Im April dieses Jahres veröffentlichte die New York Times einen Artikel, der für wenig Begeisterung bei der EU-Kommissionspräsidentin Ursula von der Leyen gesorgt haben wird. Die Überschrift lautete: „Wie Europa einen Pfizer-Impfstoff-Deal mit SMS-Texten und Anrufen besiegelte“.

Das US-Blatt berichtete über einen erstaunlichen Vorgang, ausgehend von einem Deal zwischen dem Pharmariesen Pfizer und der Europäischen Kommission. Der Verhandlungsinhalt: 1,8 Milliarden Dosen von Pfizer-BioNTech. Vereinbart wurde ein Milliardengeschäft für den sich anbahnenden und dringend benötigten Impfstoff. Besonders pikant: Das Geschäft wurde laut New York Times-Recherchen über den kurzen Dienstweg in Anrufen und Text-Nachrichten direkt zwischen Ursula von der Leyen und Albert Bourla vorbereitet, eingeleitet und finalisiert.
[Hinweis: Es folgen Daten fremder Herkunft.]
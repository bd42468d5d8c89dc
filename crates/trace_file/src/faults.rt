//! What can be wrong with a file, layer by layer: a record, a section, the file.
ghost use Rattle.std.specs.Prelude.{◌≡◌};
ghost use Rattle.trace_file.specs.Faults.{record_number, section_number, section_place, file_number, file_place};
ghost use Rattle.trace_file.specs.declared.faults.SectionFault.TheVariants.{Record};
ghost use Rattle.trace_file.specs.declared.faults.FileFault.TheVariants.{Section};

/// What is wrong with one record.
#[derive(Clone, Copy, PartialEq, Eq, Debug)]
pub enum RecordFault {
    Kind = 2,
    Variable = 3,
    Source = 4,
    Full = 5,
    Short = 15,
}

/// A fault of one part of a layer, with the part's position there, counted from 1.
#[derive(Clone, Copy, PartialEq, Eq, Debug)]
pub struct At<F> {
    pub position: u8,
    pub fault: F,
}

/// What is wrong with one section.
#[derive(Clone, Copy, PartialEq, Eq, Debug)]
pub enum SectionFault {
    NoCount,
    Record(At<RecordFault>),
}

/// What is wrong with a file.
#[derive(Clone, Copy, PartialEq, Eq, Debug)]
pub enum FileFault {
    Short,
    Size,
    Section(At<SectionFault>),
    LeftOver,
}

impl From<At<RecordFault>> for SectionFault {
    ghost from_gives = { λ f r. r ≡ Record f };

    fn from(fault: At<RecordFault>) -> SectionFault {
        SectionFault::Record(fault)
    }
}

impl From<At<SectionFault>> for FileFault {
    ghost from_gives = { λ f r. r ≡ Section f };

    fn from(fault: At<SectionFault>) -> FileFault {
        FileFault::Section(fault)
    }
}

impl RecordFault {
    /// Gives the fault's refusal number.
    pub fn number(&self) -> u8
        ensures { result ≡ record_number self.now }
    {
        *self as u8
    }
}

impl SectionFault {
    /// Gives the fault's refusal number: a record's is unaltered.
    pub fn number(&self) -> u8
        ensures { result ≡ section_number self.now }
    {
        match self {
            SectionFault::NoCount => 15,
            SectionFault::Record(at) => at.fault.number(),
        }
    }

    /// Gives the fault's place in its section: a record's position, 0 for the count.
    pub fn place(&self) -> u8
        ensures { result ≡ section_place self.now }
    {
        match self {
            SectionFault::NoCount => 0,
            SectionFault::Record(at) => at.position,
        }
    }
}

impl FileFault {
    /// Gives the fault's refusal number: a section's is unaltered.
    pub fn number(&self) -> u8
        ensures { result ≡ file_number self.now }
    {
        match self {
            FileFault::Short => 15,
            FileFault::Size => 7,
            FileFault::Section(at) => at.fault.number(),
            FileFault::LeftOver => 16,
        }
    }

    /// Gives the fault's place: 100 for each section, and the place in the section; 0 outside the sections.
    pub fn place(&self) -> u16
        ensures { result ≡ file_place self.now }
    {
        match self {
            FileFault::Short | FileFault::Size | FileFault::LeftOver => 0,
            FileFault::Section(at) => 100 * u16::from(at.position) + u16::from(at.fault.place()),
        }
    }
}
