//! The writer: from a table to the bytes of its file.
ghost use Rattle.std.specs.Prelude.{◌≡◌, ◌+◌, ◌*◌, ◌++◌, ◌≤◌, [], length};
ghost use Rattle.trace.specs.Traces.{processor_count, operation_count, WellFormed};
ghost use Rattle.trace_file.specs.Files.{record_bytes, section_bytes, file_of};
ghost use Rattle.trace_file.specs.Reading.{good, read_file};
ghost use Rattle.trace_file.specs.Writing.{save_answer, save_after};

use fixed_list::FixedList;
use trace::operation::Operation;
use trace::table::Table;

// The bytes of a file; the longest has a size of 2 bytes, 8 counts, and 64 records of 8.
type File = FixedList<u8, 522>;

fn record_bytes(operation: &Operation) -> [u8; 8]
    ensures { result ≡ record_bytes operation.now }
{
    let [source_high, source_low] = operation.source.to_be_bytes();
    let [value_0, value_1, value_2, value_3] = operation.value.to_be_bytes();
    [
        u8::from(operation.kind),
        operation.variable,
        source_high,
        source_low,
        value_0,
        value_1,
        value_2,
        value_3,
    ]
}

// Puts the section of a processor at the end of a file.
fn push_section(file: &mut File, lane: &[Operation])
    requires { length file.old + length (section_bytes lane.now) ≤ 522 }
    ensures { file.new ≡ file.old ++ section_bytes lane.now }
{
    let _ = file.push(lane.len() as u8);
    for operation in lane {
        let _ = file.extend_from_slice(&record_bytes(operation));
    }
}

// Puts the file of a table's trace, which is well-formed, into an empty one.
fn push_file(file: &mut File, table: &Table)
    requires { file.old ≡ [] }
    ensures value { file.new ≡ file_of table.now }
    ensures formed { WellFormed table.now }
{
    let _ = file.extend_from_slice(&[table.processors(), table.variables()]);
    for processor in 1..=table.processors() {
        push_section(file, table.lane(processor));
    }
}

/// Writes the file of a table's trace from the first byte on, and answers its length; 14 where the bytes are too few.
#[tactic(auto, using(crate::proofs::Lengths::file_length))]
pub fn save(table: &Table, bytes: &mut [u8]) -> (u8, u16)
    ensures answer { result ≡ save_answer table.now (length bytes.old) }
    ensures after { bytes.new ≡ save_after table.now bytes.old }
    ensures size { length (file_of table.now) ≡ 2 + processor_count table.now + 8 * operation_count table.now }
    ensures back { read_file (file_of table.now) ≡ good table.now }
    ensures formed { WellFormed table.now }
{
    let size = 2 + usize::from(table.processors()) + 8 * table.total();
    if bytes.len() < size {
        return (14, 0);
    }
    let mut file = FixedList::new();
    push_file(&mut file, table);
    bytes[..size].copy_from_slice(file.as_slice());
    (0, size as u16)
}
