//! The reader: from bytes to a table, up to the first fault. A table is asked for its total, which tells that its trace is well-formed.
ghost use Rattle.std.specs.Prelude.{◌≡◌, ◌+◌, ◌*◌, ◌<◌, IfOk};
ghost use Rattle.trace.specs.Operations.{Within};
ghost use Rattle.trace.specs.Traces.{processor_count, WellFormed};
ghost use Rattle.trace_file.specs.Outcomes.{RecordRead, SectionRead, SizeRead, FileRead, placed};
ghost use Rattle.trace_file.specs.Reading.{read_file, load_answer, load_after};

use crate::faults::{At, FileFault, RecordFault, SectionFault};
use trace::table::Table;

// Adds to a fault the position of the part that has it.
fn at<T, F>(position: u8, res: Result<T, F>) -> Result<T, At<F>>
    ensures { result ≡ placed position res }
{
    res.map_err(|fault| At { position, fault })
}

// Enters the record at the front of the bytes, and gives the bytes that follow it.
fn read_record<'a>(bytes: &'a [u8], section: u8, table: &mut Table) -> Result<&'a [u8], RecordFault>
    requires { Within 1 (processor_count table.old) section }
    ensures { RecordRead table.old section bytes.now result table.new }
{
    let [
        kind,
        variable,
        source_high,
        source_low,
        value_0,
        value_1,
        value_2,
        value_3,
        rest @ ..,
    ] = bytes
    else {
        return Err(RecordFault::Short);
    };
    let source = u16::from_be_bytes([*source_high, *source_low]);
    let value = u32::from_be_bytes([*value_0, *value_1, *value_2, *value_3]);
    match table.record(section, *kind, *variable, source, value) {
        (0, _) => Ok(rest),
        (2, _) => Err(RecordFault::Kind),
        (3, _) => Err(RecordFault::Variable),
        (4, _) => Err(RecordFault::Source),
        _ => Err(RecordFault::Full),
    }
}

// Enters the section at the front of the bytes, and gives the number of its bytes.
fn read_section(bytes: &[u8], section: u8, table: &mut Table) -> Result<usize, SectionFault>
    requires { Within 1 (processor_count table.old) section }
    ensures { SectionRead table.old section bytes.now result table.new }
{
    let [count, records @ ..] = bytes else {
        return Err(SectionFault::NoCount);
    };
    let mut rest = records;
    for position in 1..=*count {
        rest = at(position, read_record(rest, section, table))?;
    }
    Ok(1 + 8 * *count as usize)
}

// Gives the numbers of processors and of variables, which stand first.
fn read_size(bytes: &[u8]) -> Result<(u8, u8), FileFault>
    ensures { SizeRead bytes.now result }
{
    match bytes {
        [processors, variables, ..] => Ok((*processors, *variables)),
        _ => Err(FileFault::Short),
    }
}

/// Reads a file: the table of its trace, or its first fault.
pub fn read(bytes: &[u8]) -> Result<Table, FileFault>
    ensures file { FileRead bytes.now result }
    ensures formed { IfOk result (λ table. WellFormed table) }
{
    let (processors, variables) = read_size(bytes)?;
    let mut table = Table::new();
    let (0, _) = table.size(processors, variables) else {
        return Err(FileFault::Size);
    };
    let mut start = 2;
    for section in 1..=processors {
        start += at(section, read_section(&bytes[start..], section, &mut table))?;
    }
    if start < bytes.len() {
        return Err(FileFault::LeftOver);
    }
    let _ = table.total();
    Ok(table)
}

/// Replaces a table by a file's, and answers how many operations that has; a faulty file leaves the table as it is.
pub fn load(table: &mut Table, bytes: &[u8]) -> (u8, u16)
    ensures answer { result ≡ load_answer (read_file bytes.now) }
    ensures after { table.new ≡ load_after table.old (read_file bytes.now) }
    ensures formed { WellFormed table.new }
{
    let _ = table.total();
    match read(bytes) {
        Ok(loaded) => {
            *table = loaded;
            (0, table.total() as u16)
        }
        Err(fault) => (fault.number(), fault.place()),
    }
}
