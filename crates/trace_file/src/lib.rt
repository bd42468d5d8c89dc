//! The trace file: a trace as bytes, read and written.
#![tactic(auto)]

pub mod changes;
pub mod faults;
pub mod reader;
pub mod writer;
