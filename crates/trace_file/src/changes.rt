//! The calls that may change a table, as values, and the table that a list of them makes.
ghost use Rattle.std.specs.Prelude.{◌≡◌};
ghost use Rattle.trace.specs.Traces.{WellFormed};
ghost use Rattle.trace_file.specs.Made.{change_answer, changed, made};

use crate::reader::load;
use trace::table::Table;

/// A call that may change a table.
#[derive(Drop)]
pub enum Change {
    /// Sets the numbers of processors and of variables.
    Size {
        processors: u8,
        variables: u8,
    },
    /// Adds an operation at the end of a processor.
    Record {
        processor: u8,
        kind: u8,
        variable: u8,
        source: u16,
        value: u32,
    },
    /// Removes the last operation of a processor.
    Strike {
        processor: u8,
    },
    /// Replaces the trace by a file's.
    Load {
        bytes: Vec<u8>,
    },
}

/// Makes one call on a table, and gives its answer.
pub fn apply(table: &mut Table, change: &Change) -> (u8, u16)
    ensures answer { result ≡ change_answer table.old change.now }
    ensures after { table.new ≡ changed table.old change.now }
    ensures formed { WellFormed table.new }
{
    match change {
        Change::Size {
            processors,
            variables,
        } => table.size(*processors, *variables),
        Change::Record {
            processor,
            kind,
            variable,
            source,
            value,
        } => { table.record(*processor, *kind, *variable, *source, *value) }
        Change::Strike { processor } => table.strike(*processor),
        Change::Load { bytes } => load(table, bytes.as_slice()),
    }
}

/// Makes a list of calls on a fresh table, and gives the table.
pub fn play(changes: &[Change]) -> Table
    ensures value { result ≡ made changes.now }
    ensures formed { WellFormed result }
{
    let mut table = Table::new();
    for change in changes {
        apply(&mut table, change);
    }
    table
}
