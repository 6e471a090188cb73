//! The table of commands: the arguments that each takes, and what the help says of it.

mod shared;

use Takes::{Count, Hidden, Needed, Nothing, Number, Place, PlaceOfText, Text, Texts, Word};
use shared::arguments;
pub use shared::{Argument, Arguments, Takes, list_of};

/// A group of commands: its name, what the help says of it, and its commands. Those of a group with
/// no name stand in none.
#[derive(Clone, Copy)]
pub struct CommandGroup<'a> {
    pub name: &'a str,
    pub about: &'a str,
    pub commands: &'a [CommandRow<'a>],
}

/// A command: its name, what the help says of it, its arguments, and what the help ends with.
#[derive(Clone, Copy)]
pub struct CommandRow<'a> {
    pub name: &'a str,
    pub about: &'a str,
    pub arguments: &'a [Arguments<'a>],
    pub example: &'a str,
}

// Arguments of one command, in braces, or those of a name, which several take.
macro_rules! list {
    ({ $($own:tt)* }) => { Arguments::Own(arguments! { $($own)* }) };
    ($shared:ident) => { Arguments::$shared };
}

macro_rules! group {
    ($name:literal: $about:literal; $($command:literal: $says:literal; [$($list:tt),*] $example:literal;)*) => {
        CommandGroup {
            name: $name,
            about: $about,
            commands: &[$(CommandRow {
                name: $command,
                about: $says,
                arguments: &[$(list!($list)),*],
                example: $example,
            }),*],
        }
    };
}

/// What the program's own help ends with.
pub const STATUSES: &str = "\
Statuses: 0 done, 1 the answer is weak or wrong, 2 arguments, keys and inputs,
3 memory, 4 reading and writing, 5 the data, 6 some lines (--keep-going). Keys,
PINs, blocks and components are never arguments: they are in files, descriptors
or variables. Options are not abbreviated.";

const WEAK_KEYS: &[&str] = &["refuse", "warn", "accept"];

const PADDINGS: &[&str] = &["pkcs7", "iso7816", "zeros", "none"];

// `encrypt` takes `from` and `blocks` too, and does not show them: who types them is told that only
// decryption takes a part.
static ENCRYPTION: CommandGroup<'static> = group! {
    "": "";

    "encrypt": "Encrypt a file or a pipe";
    [Cipher, {
        "iv": Text("VECTOR") =>
            "Needed by all modes but ECB: random, for eight random bytes that are written first, or 16 \
             hexadecimal digits; in CTR the first counter block";
        "padding": Word("PADDING", PADDINGS) =>
            "How the last block is filled in ECB and CBC; none: the input is whole blocks [default: pkcs7]";
        "weak-keys": Word("CHOICE", WEAK_KEYS) => "What to do with a weak key [default: refuse]";
        "from": Hidden => "";
        "blocks": Hidden => "";
    }, Files, Hex, Progress, KeyOrPassword, Password, {
        "derive": Text("METHOD") =>
            "How a password gives the key: pbkdf2-sha256:COUNT [default: pbkdf2-sha256:600000]";
    }, AnyCount] "\
Limits: encrypt no more than 2^20 blocks (8 MiB, in CFB8 1 MiB) under one
key, by NIST SP 800-67 Rev. 2, and only what an old system needs: NIST
disallows encryption with triple DES after 2023 (SP 800-131A Rev. 2). Nothing
is authenticated. In CFB, OFB and CTR use no vector and no counter block
twice under one key: two such files reveal the xor of their texts.

Example:
  echo 0123456789abcdeffedcba9876543210 >KEY
  printf 'a message' | cukvashe encrypt des-ede-cbc \\
    --iv random --key-file KEY | xxd -p";
};

static DECRYPTION: CommandGroup<'static> = group! {
    "": "";

    "decrypt": "Decrypt a file or a pipe, or a part of one";
    [Cipher, {
        "iv": Text("VECTOR") =>
            "Needed by all modes but ECB: first-block, if the input begins with the vector, or 16 \
             hexadecimal digits; in CTR the first counter block";
        "padding": Word("PADDING", PADDINGS) =>
            "What is taken off at the end in ECB and CBC; zeros and none: nothing [default: pkcs7]";
        "weak-keys": Word("CHOICE", WEAK_KEYS) => "What to do with a weak key [default: warn]";
        "from": Number("BLOCK") =>
            "Decrypt from this block of 8 bytes on, the first being 0; not in OFB";
        "blocks": Number("COUNT") => "Decrypt at most this number of blocks";
    }, Files, Hex, Progress, KeyOrPassword, Password, {
        "derive": Text("METHOD") =>
            "Needed by a password: md5 (OpenSSL before 1.1.0), sha256 (since then), pbkdf2-sha256:COUNT \
             (-pbkdf2; COUNT is 10000 without -iter), sha1 or pbkdf2-sha1:COUNT";
    }, AnyCount, {
        "no-salt": Nothing => "The input has no salt, and does not begin with Salted__";
        "base64": Nothing => "The input is Base64 in lines";
    }] "\
Limits: a changed input decrypts to something, mostly with no fault, since
nothing is authenticated. In CFB, OFB and CTR a wrong key or password goes
unnoticed.

Example:
  echo 0123456789abcdeffedcba9876543210 >KEY
  printf 1234567890abcdeff99822c1263dfada7f0373c3f4b6ba03 | xxd -r -p |
    cukvashe decrypt des-ede-cbc --iv first-block --key-file KEY --out -";
};

static PRIVATE_KEYS: CommandGroup<'static> = group! {
    "": "";

    "decrypt-pem": "Decrypt a private key under a password, in PEM or DER";
    [{
        "form": Word("FORM", &["pem", "der"]) =>
            "The form of what is written [default: that of the input]";
    }, AnyCount, Files, Password] "\
Limits: a wrong password is found by the key's padding and form.

Example:
  echo secret >password
  openssl genrsa -des3 -traditional -passout file:password 2048 2>openssl.said |
    cukvashe decrypt-pem --password-file password --out - | head -n 1";
};
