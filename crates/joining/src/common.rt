// How many nodes the path of each line has in common with one path. By these numbers the lines through one of its nodes are
// found again at every level, without a look at their paths.
ghost use Rattle.std.specs.Prelude.{ℕ, ◌≡◌, ◌<◌, ◌≤◌, take, get_or};
ghost use Rattle.tree.specs.Search.{each_below};
ghost use Rattle.tree.specs.Record.{path_at};
ghost use Rattle.joining.specs.Common.{nodes_in_common};

use candidates::open_lines::lines_end;
use tree::Row;
use tree::line::Line;

// The number of nodes that the first `count` rows of a path and the path of another line have in common.
fn nodes_in_common(rows: &[u16; 1408], path: &[Row; 11], count: usize, other: Line) -> u8
    requires { count ≤ 11 }
    ensures { result ≡ nodes_in_common (take count path.now) (path_at rows.now other.number) }
{
    for k in 0..count {
        let row = paths::row(rows, other, k);
        if row.weight == 0 {
            return k as u8;
        }
        if row.edge != path[k].edge {
            return k as u8 + 1;
        }
    }
    count as u8
}

// The number of nodes in common of each line. Closed lines have none, so that those from the end of the open ones on are not
// looked at.
pub(crate) fn common_of_lines(rows: &[u16; 1408], path: &[Row; 11], count: usize) -> [u8; 64]
    requires { count ≤ 11 }
    ensures { result ≡ each_below 64 (λ M. nodes_in_common (take count path.now) (path_at rows.now M)) }
{
    let mut common = [0; 64];
    let end = lines_end(rows);
    for number in 0..end {
        common[number] = nodes_in_common(rows, path, count, Line { number });
    }
    common
}

// The largest of these numbers: on the levels from it on, no line goes through the node of the path.
pub(crate) fn deepest(common: &[u8; 64]) -> usize
    ensures none_larger { (M : ℕ) → M < 64 → get_or common.now M 0 ≤ result }
    ensures one_of_them { (M : ℕ) × (M < 64) × (get_or common.now M 0 ≡ result) }
{
    let mut most = 0;
    for number in 0..64 {
        most = most.max(common[number] as usize);
    }
    most
}
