// A list of orders run on a plan (document 01, section Orders): three bytes in and two bytes out for each order.
#![tactic(auto)]

ghost use Rattle.std.specs.Prelude.{◌≡◌, true, false, ◌+◌, ◌<◌, ◌/◌, [], ◌∷◌, ◌++◌, length, take, drop, None};
ghost use Rattle.tree.specs.Answered.{refusal_in};
ghost use Rattle.tree.specs.Record.{legal};
ghost use Rattle.bridge.specs.Rows.{plan_of};
ghost use Rattle.orders.specs.Order.{order_of};
ghost use Rattle.lists.specs.Lists.{orders_of, result_field, answer_word, high_byte, low_byte, length_refused, list_refusal};
ghost use Rattle.lists.specs.Runs.{answer_in, OrderRan, Runnable, OrdersRan, CheckedRan, ListRan};

use orders::{Bytes, Order};
use tree::changed::Changed;
use tree::refusal::Refusal;
use tree::{Plan, Start};

// One order: refused with 6 where it cannot be read, else run as the open or the close that it is. An open answers with the
// line's start, a close with none.
// That the record is a tree is asked here and below, since no type can hold the array and that fact while the array is written.
fn run_order(rows: &mut [u16; 1408], bytes: Bytes) -> Result<Option<Start>, Refusal>
    requires { legal rows.old ≡ true }
    ensures { OrderRan (order_of bytes) rows.old rows.new (answer_in result) }
{
    match orders::read(bytes)? {
        Order::Open(line, period) => Ok(Some(lines::open_line(rows, line, period)?)),
        Order::Close(line) => {
            lines::close_line(rows, line)?;
            Ok(None)
        }
    }
}

// An answer in one word: result 4 bits, which is 0 or the refusal, then start 12 bits, which is 0 unless a line was opened.
// That a refusal fits 4 bits is asked here: those of an order are 6 at most, and document 02 has one that does not fit, 16.
fn answer_word(answer: Result<Option<Start>, Refusal>) -> u16
    requires { result_field (answer_in answer) < 16 }
    ensures { result ≡ answer_word (answer_in answer) }
{
    match answer {
        Ok(Some(start)) => start.0,
        Ok(None) => 0,
        Err(refusal) => u16::from(u8::from(refusal)) << 12,
    }
}

// Writes an answer's two bytes, the first one highest.
fn write_answer(answers: &mut [u8], at: usize, answer: Result<Option<Start>, Refusal>)
    requires room { at + 1 < length answers.old }
    requires result { result_field (answer_in answer) < 16 }
    ensures { answers.new ≡ take at answers.old ++ (high_byte (answer_in answer) ∷ low_byte (answer_in answer) ∷ []) ++ drop (at + 2) answers.old }
{
    answers[at..at + 2].copy_from_slice(&answer_word(answer).to_be_bytes());
}

// The orders in turn, each on the rows that the one before it left. Answers whether any was carried out.
// The answers are written by index, since of a slice that `as_chunks_mut` took apart no proof knows what it holds afterwards.
fn run_orders(rows: &mut [u16; 1408], orders: &[u8], answers: &mut [u8]) -> bool
    requires { Runnable rows.old orders.now answers.old (length orders.now / 3) }
    ensures { OrdersRan (orders_of orders.now) rows.old rows.new answers.old answers.new result }
{
    let (threes, _) = orders.as_chunks::<3>();
    let mut any = false;
    for (k, order) in threes.iter().enumerate() {
        let answer = run_order(rows, Bytes::from(*order));
        any |= answer.is_ok();
        write_answer(answers, 2 * k, answer);
    }
    any
}

// The length is not a multiple of 3, or above 65,535.
fn length_refused(length: usize) -> bool
    ensures { result ≡ length_refused length }
{
    length % 3 != 0 || 65535 < length
}

// The list's own checks, on its length and that of the lent bytes: 7, then 8.
fn check_lengths(length: usize, room: usize) -> Result<(), Refusal>
    ensures { refusal_in result ≡ list_refusal length room }
{
    if length_refused(length) {
        return Err(Refusal::ListLength);
    }
    if room < 2 * (length / 3) {
        return Err(Refusal::BufferTooShort);
    }
    Ok(())
}

// Runs a list that passes its checks on a record that is no tree: on the empty plan, which takes the record's place where an
// order is carried out.
fn run_in_empty(rows: &mut [u16; 1408], orders: &[u8], answers: &mut [u8])
    requires { (legal rows.old ≡ false) × (list_refusal (length orders.now) (length answers.old) ≡ None) }
    ensures { CheckedRan (plan_of rows.old) orders.now answers.old (plan_of rows.new) answers.new }
{
    let mut fresh = [0; 1408];
    if run_orders(&mut fresh, orders, answers) {
        *rows = fresh;
    }
}

// Runs a list that passes its checks: in place where the record is a tree.
fn run_checked(rows: &mut [u16; 1408], orders: &[u8], answers: &mut [u8])
    requires { list_refusal (length orders.now) (length answers.old) ≡ None }
    ensures { CheckedRan (plan_of rows.old) orders.now answers.old (plan_of rows.new) answers.new }
{
    if paths::legal(rows) {
        run_orders(rows, orders, answers);
    } else {
        run_in_empty(rows, orders, answers);
    }
}

// Runs a list of orders on a record that is lent. Refused with 7 or 8, the first that applies: then record and lent bytes are
// as found. Else each order has its two bytes written, whether it is refused or not, and the lent bytes beyond are as found.
// The record is as found where no order was carried out.
pub fn run_list_rows(
    rows: &mut [u16; 1408],
    orders: &[u8],
    answers: &mut [u8],
) -> Result<(), Refusal>
    ensures { ListRan (plan_of rows.old) orders.now answers.old (refusal_in result) (plan_of rows.new) answers.new }
{
    check_lengths(orders.len(), answers.len())?;
    run_checked(rows, orders, answers);
    Ok(())
}

// The same with a plan by value, which is given back, so that the two are no one function.
pub fn run_list(plan: Plan, orders: &[u8], answers: &mut [u8]) -> Changed<Result<(), Refusal>>
    ensures { ListRan plan orders.now answers.old (refusal_in result.answer) result.plan answers.new }
{
    let mut next = plan;
    let answer = run_list_rows(&mut next.rows, orders, answers);
    Changed { answer, plan: next }
}
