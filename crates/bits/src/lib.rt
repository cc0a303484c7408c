// Fields of a word's bits.
#![tactic(auto)]

ghost use Rattle.std.specs.Prelude.{◌≡◌, ◌<◌, ◌^◌};
ghost use Rattle.bits.specs.Field.{field, joined};

// The field of a word that is so many bits wide and has its lowest bit at a place.
// What a width and a place may be is asked here and of `join` alone, so no type says it.
pub fn field_of(word: u64, width: u64, place: u64) -> u64
    requires { (width < 64) × (place < 64) }
    ensures { result ≡ field width place word }
{
    (word >> place) & ((1 << width) - 1)
}

// A word with so many further bits below it.
pub fn join(high: u64, width: u64, low: u64) -> u64
    requires { ((width < 64) × (low < 2 ^ width)) × (joined width high low < 2 ^ 64) }
    ensures { result ≡ joined width high low }
{
    (high << width) | low
}
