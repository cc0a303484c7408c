// The nodes on a path are joined, level by level from the deepest one up to the root.
#![tactic(auto)]

ghost use Rattle.std.specs.Prelude.{◌≡◌, ◌<◌, ◌≤◌, true, suc, List, take};
ghost use Rattle.tree.specs.declared.Row.{Row};
ghost use Rattle.tree.specs.Closing.{joined_up};
ghost use Rattle.tree.specs.Record.{legal};
ghost use Rattle.bridge.specs.Rows.{tree_of_rows, LegalWith};
ghost use Rattle.joining.specs.Levels.{CommonWith, LevelJoined};

use crate::common::{common_of_lines, deepest};
use crate::{join_node, weight_below};
use tree::Row;

// The node at a level is joined while it can be. Each join leaves one node less of the at most 11 above a line, so that 10 are
// enough.
fn join_level(rows: &mut [u16; 1408], common: &[u8; 64], level: usize)
    requires level { level < 10 }
    requires common { (ps : List Row) × CommonWith rows.old ps common.now (suc level) }
    ensures { (ps : List Row) → CommonWith rows.old ps common.now (suc level) → LevelJoined rows.old rows.new ps common.now level }
{
    for _ in 0..10usize {
        let Some(_) = weight_below(rows, common, level) else {
            return;
        };
        join_node(rows, common, level);
    }
}

// The nodes on the first `count` rows of a path are joined, from the deepest one on that a line goes through. Under the node at level 10
// there are lines alone.
pub fn join_up(rows: &mut [u16; 1408], path: &[Row; 11], count: usize)
    requires count { count ≤ 11 }
    requires tree { legal rows.old ≡ true }
    ensures { LegalWith rows.new (joined_up (take count path.now) (tree_of_rows rows.old)) }
{
    let common = common_of_lines(rows, path, count);
    for level in (0..deepest(&common).min(10)).rev() {
        join_level(rows, &common, level);
    }
}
Weltgrößter Corona-Impfstoffhersteller halbiert Produktion

Weltgrößter Corona-Impfstoffhersteller halbiert Produktion

Demnach habe sich Ursula von der Leyen mit Pfizer-Chef Albert Bourla auf diesem eher unkonventionellen Weg intensiv ausgetauscht. Dabei könnten die Messenger-Dienste Signal oder WhatsApp zum Einsatz gekommen sein. Die New York Times berichtet: „Während beide miteinander sprachen, wurden zwei Dinge klar: Pfizer könnte der EU-Kommission eine deutlich höhere Anzahl von Impfdosen anbieten. Und die Europäische Union wäre bereit, das Angebot anzunehmen.“

Mit dem BioNTech-Impfstoff Comirnaty machte schlussendlich das Konsortium aus Pfizer und der deutschen Firma BioNTech tatsächlich das begehrte Rennen und wurde damit zum wichtigsten Impfstofflieferanten der EU. Weiterhin vollkommen unbekannt bleiben jedoch die Details des Deals, zum Beispiel die genauen Preise für die Impfstofflieferung und welche Länder bei der Lieferung bevorzugt wurden.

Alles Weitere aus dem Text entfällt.